_TASK_:
How many lines in the records below contain "Option"? Reply with the number alone.

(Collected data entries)
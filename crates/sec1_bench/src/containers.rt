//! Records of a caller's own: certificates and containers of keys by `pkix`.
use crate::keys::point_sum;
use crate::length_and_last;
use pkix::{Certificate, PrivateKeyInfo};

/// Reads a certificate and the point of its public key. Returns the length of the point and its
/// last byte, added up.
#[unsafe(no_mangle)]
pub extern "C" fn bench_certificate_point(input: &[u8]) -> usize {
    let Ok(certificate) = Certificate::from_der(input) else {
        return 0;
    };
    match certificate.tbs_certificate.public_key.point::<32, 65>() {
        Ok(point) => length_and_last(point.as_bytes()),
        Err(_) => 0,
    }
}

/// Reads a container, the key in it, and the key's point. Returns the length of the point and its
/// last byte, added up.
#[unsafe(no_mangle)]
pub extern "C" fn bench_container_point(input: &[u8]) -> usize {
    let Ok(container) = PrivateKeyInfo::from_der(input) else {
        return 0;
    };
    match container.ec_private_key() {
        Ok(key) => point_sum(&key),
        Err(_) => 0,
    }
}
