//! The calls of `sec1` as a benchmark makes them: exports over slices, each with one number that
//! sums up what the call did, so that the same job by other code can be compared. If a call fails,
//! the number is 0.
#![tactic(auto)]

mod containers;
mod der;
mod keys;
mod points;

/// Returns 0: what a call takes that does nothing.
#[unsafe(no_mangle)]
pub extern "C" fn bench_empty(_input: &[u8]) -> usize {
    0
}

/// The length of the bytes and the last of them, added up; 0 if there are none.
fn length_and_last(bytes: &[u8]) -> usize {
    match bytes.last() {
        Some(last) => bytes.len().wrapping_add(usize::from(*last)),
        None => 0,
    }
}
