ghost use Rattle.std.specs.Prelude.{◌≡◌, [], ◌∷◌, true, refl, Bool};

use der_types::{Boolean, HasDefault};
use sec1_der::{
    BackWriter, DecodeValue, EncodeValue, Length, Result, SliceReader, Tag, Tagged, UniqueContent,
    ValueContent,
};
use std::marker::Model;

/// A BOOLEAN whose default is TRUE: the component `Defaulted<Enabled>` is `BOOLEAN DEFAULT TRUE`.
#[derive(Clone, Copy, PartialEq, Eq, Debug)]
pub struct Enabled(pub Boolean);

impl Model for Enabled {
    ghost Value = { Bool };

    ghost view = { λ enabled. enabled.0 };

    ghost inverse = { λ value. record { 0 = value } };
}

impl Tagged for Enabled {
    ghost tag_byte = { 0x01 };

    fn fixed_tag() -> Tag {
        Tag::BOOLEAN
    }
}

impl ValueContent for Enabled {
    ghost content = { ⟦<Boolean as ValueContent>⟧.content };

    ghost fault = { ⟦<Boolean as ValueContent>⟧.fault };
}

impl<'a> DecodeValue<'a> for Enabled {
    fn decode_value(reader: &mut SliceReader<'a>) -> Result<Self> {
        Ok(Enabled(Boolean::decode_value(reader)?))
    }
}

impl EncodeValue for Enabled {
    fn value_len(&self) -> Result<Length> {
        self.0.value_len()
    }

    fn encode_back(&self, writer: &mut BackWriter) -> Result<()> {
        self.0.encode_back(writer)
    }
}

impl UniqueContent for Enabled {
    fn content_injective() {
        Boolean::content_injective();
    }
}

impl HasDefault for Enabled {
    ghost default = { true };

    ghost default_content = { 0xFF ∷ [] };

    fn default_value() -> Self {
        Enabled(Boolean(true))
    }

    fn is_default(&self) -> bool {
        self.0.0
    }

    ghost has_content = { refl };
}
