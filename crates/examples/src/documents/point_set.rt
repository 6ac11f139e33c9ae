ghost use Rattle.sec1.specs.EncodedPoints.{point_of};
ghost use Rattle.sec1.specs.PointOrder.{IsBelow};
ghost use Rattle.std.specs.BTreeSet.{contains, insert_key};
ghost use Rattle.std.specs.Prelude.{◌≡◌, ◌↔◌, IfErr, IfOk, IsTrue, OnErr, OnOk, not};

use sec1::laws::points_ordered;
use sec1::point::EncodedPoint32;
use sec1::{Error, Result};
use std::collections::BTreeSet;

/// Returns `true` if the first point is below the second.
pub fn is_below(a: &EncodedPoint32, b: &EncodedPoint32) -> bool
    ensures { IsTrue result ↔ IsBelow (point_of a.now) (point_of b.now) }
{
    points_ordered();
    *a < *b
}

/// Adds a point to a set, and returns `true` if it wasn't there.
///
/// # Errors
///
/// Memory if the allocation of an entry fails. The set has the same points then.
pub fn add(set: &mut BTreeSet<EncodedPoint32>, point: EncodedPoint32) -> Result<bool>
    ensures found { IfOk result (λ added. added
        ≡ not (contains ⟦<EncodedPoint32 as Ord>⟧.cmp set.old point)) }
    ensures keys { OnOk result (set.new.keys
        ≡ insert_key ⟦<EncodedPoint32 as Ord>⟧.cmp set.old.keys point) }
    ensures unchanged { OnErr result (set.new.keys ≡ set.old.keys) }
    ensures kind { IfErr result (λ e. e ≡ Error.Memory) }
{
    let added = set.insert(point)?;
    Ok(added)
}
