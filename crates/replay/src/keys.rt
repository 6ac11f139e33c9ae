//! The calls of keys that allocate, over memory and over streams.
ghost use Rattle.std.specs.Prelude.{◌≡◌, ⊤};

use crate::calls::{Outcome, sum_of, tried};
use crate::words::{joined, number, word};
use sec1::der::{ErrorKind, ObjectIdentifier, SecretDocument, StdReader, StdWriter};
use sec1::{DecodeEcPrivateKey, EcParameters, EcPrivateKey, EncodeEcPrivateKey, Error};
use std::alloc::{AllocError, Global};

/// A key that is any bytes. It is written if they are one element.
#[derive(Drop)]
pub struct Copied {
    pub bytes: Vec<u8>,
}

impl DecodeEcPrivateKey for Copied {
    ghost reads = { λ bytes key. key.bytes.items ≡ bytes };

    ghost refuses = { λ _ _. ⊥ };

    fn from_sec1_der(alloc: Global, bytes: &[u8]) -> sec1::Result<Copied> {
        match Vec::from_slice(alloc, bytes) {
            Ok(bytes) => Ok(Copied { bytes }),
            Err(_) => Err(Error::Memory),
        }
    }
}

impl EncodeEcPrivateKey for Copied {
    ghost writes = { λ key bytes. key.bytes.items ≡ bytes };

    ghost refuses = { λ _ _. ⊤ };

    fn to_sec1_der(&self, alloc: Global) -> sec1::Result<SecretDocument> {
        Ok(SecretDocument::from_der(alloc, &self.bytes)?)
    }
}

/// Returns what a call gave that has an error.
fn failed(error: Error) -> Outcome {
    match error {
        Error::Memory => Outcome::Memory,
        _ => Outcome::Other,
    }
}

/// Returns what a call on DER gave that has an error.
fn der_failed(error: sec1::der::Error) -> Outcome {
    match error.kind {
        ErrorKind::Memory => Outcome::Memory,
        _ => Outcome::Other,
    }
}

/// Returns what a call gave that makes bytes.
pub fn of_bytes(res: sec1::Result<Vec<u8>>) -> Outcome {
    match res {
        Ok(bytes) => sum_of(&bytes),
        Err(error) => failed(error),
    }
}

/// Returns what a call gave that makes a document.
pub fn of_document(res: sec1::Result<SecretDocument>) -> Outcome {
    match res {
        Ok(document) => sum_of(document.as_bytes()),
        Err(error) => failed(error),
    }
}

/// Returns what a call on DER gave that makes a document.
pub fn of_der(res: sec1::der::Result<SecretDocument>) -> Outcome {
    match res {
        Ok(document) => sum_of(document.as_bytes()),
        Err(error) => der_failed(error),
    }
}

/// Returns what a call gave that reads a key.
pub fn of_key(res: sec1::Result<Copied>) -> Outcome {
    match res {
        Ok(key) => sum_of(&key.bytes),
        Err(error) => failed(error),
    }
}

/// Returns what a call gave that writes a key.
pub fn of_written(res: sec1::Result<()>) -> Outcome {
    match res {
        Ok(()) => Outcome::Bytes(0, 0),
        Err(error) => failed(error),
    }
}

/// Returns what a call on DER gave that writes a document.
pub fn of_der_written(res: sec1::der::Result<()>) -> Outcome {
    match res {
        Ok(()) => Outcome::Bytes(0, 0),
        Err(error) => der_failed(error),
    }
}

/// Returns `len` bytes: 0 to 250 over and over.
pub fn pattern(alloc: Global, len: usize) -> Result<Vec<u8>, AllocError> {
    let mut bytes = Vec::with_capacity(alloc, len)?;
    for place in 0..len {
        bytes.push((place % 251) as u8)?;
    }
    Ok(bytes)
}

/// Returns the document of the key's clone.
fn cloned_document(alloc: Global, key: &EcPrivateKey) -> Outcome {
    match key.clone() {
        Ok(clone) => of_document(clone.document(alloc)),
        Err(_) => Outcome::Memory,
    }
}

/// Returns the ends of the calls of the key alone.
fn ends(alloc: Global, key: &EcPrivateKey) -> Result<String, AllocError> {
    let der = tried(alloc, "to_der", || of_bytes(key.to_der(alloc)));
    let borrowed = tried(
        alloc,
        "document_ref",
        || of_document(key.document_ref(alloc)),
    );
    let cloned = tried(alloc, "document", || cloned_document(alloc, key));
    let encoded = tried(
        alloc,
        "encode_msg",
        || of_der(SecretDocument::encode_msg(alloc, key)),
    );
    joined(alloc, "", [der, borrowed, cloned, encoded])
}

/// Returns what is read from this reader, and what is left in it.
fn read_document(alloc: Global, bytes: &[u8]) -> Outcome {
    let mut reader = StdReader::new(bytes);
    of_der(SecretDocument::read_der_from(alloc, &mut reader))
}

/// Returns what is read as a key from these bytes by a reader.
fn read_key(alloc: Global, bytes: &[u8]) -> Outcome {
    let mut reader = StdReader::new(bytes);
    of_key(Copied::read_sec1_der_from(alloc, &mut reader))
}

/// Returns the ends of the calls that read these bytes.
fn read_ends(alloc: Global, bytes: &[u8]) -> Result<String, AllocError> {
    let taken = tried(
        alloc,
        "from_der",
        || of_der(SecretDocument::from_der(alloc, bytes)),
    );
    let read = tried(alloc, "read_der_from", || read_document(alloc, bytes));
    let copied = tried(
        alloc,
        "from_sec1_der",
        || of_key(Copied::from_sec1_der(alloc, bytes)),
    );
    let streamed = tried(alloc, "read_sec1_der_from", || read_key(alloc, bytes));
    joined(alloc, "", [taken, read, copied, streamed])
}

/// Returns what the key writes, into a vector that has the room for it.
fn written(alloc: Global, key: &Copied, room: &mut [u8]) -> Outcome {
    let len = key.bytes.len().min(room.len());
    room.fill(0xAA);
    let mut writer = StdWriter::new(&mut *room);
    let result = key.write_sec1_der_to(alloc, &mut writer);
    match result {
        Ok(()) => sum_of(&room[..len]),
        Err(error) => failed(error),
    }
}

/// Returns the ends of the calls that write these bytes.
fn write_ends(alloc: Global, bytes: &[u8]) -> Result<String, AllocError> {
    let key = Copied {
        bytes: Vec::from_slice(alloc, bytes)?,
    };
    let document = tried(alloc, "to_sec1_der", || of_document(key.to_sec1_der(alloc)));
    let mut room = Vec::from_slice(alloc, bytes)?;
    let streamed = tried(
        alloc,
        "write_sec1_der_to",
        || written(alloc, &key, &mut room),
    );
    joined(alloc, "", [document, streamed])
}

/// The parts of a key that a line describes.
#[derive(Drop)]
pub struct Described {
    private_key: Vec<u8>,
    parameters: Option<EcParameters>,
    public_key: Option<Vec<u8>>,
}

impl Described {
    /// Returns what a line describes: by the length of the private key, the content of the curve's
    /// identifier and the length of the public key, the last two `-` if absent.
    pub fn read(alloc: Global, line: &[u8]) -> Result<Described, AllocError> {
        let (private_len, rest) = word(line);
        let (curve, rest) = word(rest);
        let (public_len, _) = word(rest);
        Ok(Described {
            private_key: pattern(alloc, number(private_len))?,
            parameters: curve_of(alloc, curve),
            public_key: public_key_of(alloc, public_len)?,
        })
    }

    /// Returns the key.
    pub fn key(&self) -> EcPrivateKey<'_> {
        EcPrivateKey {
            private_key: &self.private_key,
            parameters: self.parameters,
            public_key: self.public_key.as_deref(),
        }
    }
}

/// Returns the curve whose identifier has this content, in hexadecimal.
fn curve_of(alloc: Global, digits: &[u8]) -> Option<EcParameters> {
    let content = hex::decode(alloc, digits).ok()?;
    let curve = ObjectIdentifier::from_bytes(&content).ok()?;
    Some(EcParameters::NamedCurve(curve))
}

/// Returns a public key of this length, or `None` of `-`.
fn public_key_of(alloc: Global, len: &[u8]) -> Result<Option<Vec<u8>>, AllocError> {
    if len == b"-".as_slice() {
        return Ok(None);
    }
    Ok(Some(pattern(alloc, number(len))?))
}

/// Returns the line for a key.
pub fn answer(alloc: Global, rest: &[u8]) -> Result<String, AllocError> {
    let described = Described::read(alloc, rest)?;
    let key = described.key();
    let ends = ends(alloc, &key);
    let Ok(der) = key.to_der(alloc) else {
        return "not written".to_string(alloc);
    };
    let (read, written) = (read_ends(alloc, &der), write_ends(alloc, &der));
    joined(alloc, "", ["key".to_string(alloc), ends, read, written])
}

_RESPONSE BOX_:
4